Brazilina Correia de Paiva é uma mulher de 95 anos nascida na Tulha Velha, aldeia numa montanha perto de Cabril, Castro d'Aire, Viseu mas longe de tudo,  onde há 30 anos quando lá cheguei pela primeira vez ainda se mijava e cagava para um buraco onde os porcos davam conta do recado, sem luz nem água e onde as mulheres não sabiam o que eram cuecas, ou sabiam mas achavam uma inutilidade, o que, bem vistas as coisas, é uma evidência que nesta urbanidade tosca nos recusamos a aceitar, a não ser por um erotismo tão estafado quanto básico.
Essas viagens que se tornaram regulares na segunda quinzena de Agosto, tinham o objectivo do reconhecimento das raízes familiares e, principalmente, proporcionar que a Brazilina revê-se a família. Pela estrada nacional n.º 1 até ao Porto e por uma espécie de estradas que nem lembro do Porto até à Tulha Velha chegávamos a levar 8 ou mais horas de caminho, isto numa carrinha mini com dois velhos e duas crianças no banco de trás.
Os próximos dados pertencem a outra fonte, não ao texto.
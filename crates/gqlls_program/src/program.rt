// A whole run.
ghost use Rattle.std.specs.Prelude.{◌≡◌, IfErr, IfOk};
ghost use Rattle.command_lines.specs.Words.{texts};
ghost use Rattle.gqlls_program.specs.FolderDialogues.{Fails, Serves};
ghost use Rattle.gqlls_program.specs.Program.{Runs, complaint_of, information_text};

use crate::command::{HELP, PROGRAM, USAGE, VERSION};
use crate::folder::FolderServer;
use byte_streams::{Fault, Sink, Source};
use command_lines::gqlls::options;
use command_lines::information::{Information, Request};
use command_lines::misuse::WordsError;
use command_lines::streams::{explain, print, say, say_no_memory};
use file_access::Files;
use gqlls_server::{Limits, Server};
use rpc_serving::serve;
use std::alloc::Global;

fn information_text(page: Information) -> &'static str
    ensures { result.now ≡ information_text page }
{
    match page {
        Information::Help => HELP,
        Information::Version => VERSION,
    }
}

fn complaint_of(fault: Fault) -> &'static str
    ensures { result.now ≡ complaint_of fault }
{
    match fault {
        Fault::Read | Fault::Utf8 => "gqlls: cannot read\n",
        Fault::Memory => "gqlls: out of memory\n",
        Fault::Write => "gqlls: cannot write\n",
    }
}

// Serves a client until the end. Each text is parsed and formatted within the limits. Names are looked for in the open
// documents, and then in the GraphQL files of the folders that the client opens. It gives the exit status, and fails
// only when the reader or the writer fails, or when memory is refused.
fn serve_client<R: Source, W: Sink, F: Files + Drop>(
    alloc: Global,
    reader: &mut R,
    writer: &mut W,
    files: F,
    limits: Limits,
) -> Result<u8, Fault>
    ensures ok { IfOk result
        (λ status. Serves F.lists F.reads F.locates limits files status (R.account reader.old) (R.account reader.new)
        (W.account writer.old) (W.account writer.new)) }
    ensures err { IfErr result
        (Fails F.lists F.reads F.locates limits files (R.account reader.old) (R.account reader.new)
        (W.account writer.old) (W.account writer.new)) }
{
    let mut server = FolderServer::new(alloc, Server::new(alloc, limits), files);
    serve(alloc, &mut server, reader, writer)
}

/// Carries out the request in the words after the program's name, and gives the status. It prints a page of the
/// program, or serves a client within limits until the notification `exit` or the end of the input. Where that fails,
/// or a word is wrong, it says so, and the status is 2.
pub fn run<R: Source, W: Sink, E: Sink, F: Files + Drop>(
    alloc: Global,
    reader: &mut R,
    writer: &mut W,
    complaints: &mut E,
    files: F,
    words: &[&str],
) -> u8
    ensures { Runs F.lists F.reads F.locates files (texts words.now) result
        (record { input = R.account reader.old; output = W.account writer.old; complaints = E.account complaints.old })
        (record {
          input = R.account reader.new;
          output = W.account writer.new;
          complaints = E.account complaints.new;
        }) }
{
    match options(alloc, words) {
        Ok(Request::Print(page)) => print(PROGRAM, writer, complaints, information_text(page)),
        Ok(Request::Process(limits)) => match serve_client(alloc, reader, writer, files, limits) {
            Ok(status) => status,
            Err(fault) => {
                say(complaints, complaint_of(fault));
                2
            }
        },
        Err(WordsError::Usage(misuse)) => {
            explain(alloc, PROGRAM, USAGE, complaints, misuse);
            2
        }
        Err(WordsError::Memory) => {
            say_no_memory(PROGRAM, complaints);
            2
        }
    }
}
Estas viagens eram uma alegria, o reconhecimento que o mundo era muito mais que uma cidade onde tudo aparecia feito uma alegria ainda maior. Para a Brazilina foi um gosto dentro do que era possível a uma pessoa como ela ter gosto em alguma coisa. Mulher desinteressada e até apática não sabia ler nem escrever, chamou uma vida inteira Manel ao marido que se chamava José Leal Carriça, mas tinha um dom que dava e sobrava para a casualidade de estar vivo, embalava os bebés da família numa voz tão maravilhosa quanto a simplicidade com que se respira. Lembro-me de sair da escola primária e descer os 500 metros que me levavam aquela casa, encontrar o José Leal Carriça que era Manel a fumar cigarros atrás de cigarros, guardar tralha nas traseiras e a resmungar sozinho, só para a ouvir embalar os meus primos. Passava horas em pé com os bebés ao colo a cantar e eu no sofá deleitado a beber café, sim café da cafeteira e a comer pão com manteiga depois da sopa de feijão com hortaliças do quintal. Naquela casa bebia-se café como se fosse água e sempre foi uma questão democrática e consensual, calhava a todos, crianças, jovens e velhos, se nos fez mal não parece, no caso da Brazilina era mesmo o conduto principal do dia, de manhã, à tarde, à noite e até de madrugada. Mal não lhe fez como não faz ainda hoje, com 95 anos, por vezes, ainda é o café que a desperta de uma Alzheimer cada vez mais profunda, tão profunda que nem a tem lembrado que viver assim não vale a pena.
Há vários anos que já não reconhece ninguém, tirando os beijinhos que ainda sabe dar, das últimas coisas que a doença lhe levou foi a vontade de cantar e sem vontade de cantar de que vale viver, principalmente quando a voz se revelava tão importante como o ar.

2 comentários:

Anónimo disse...

Muito bom.

Manuel C.

jp disse...

obrigado Manuel C.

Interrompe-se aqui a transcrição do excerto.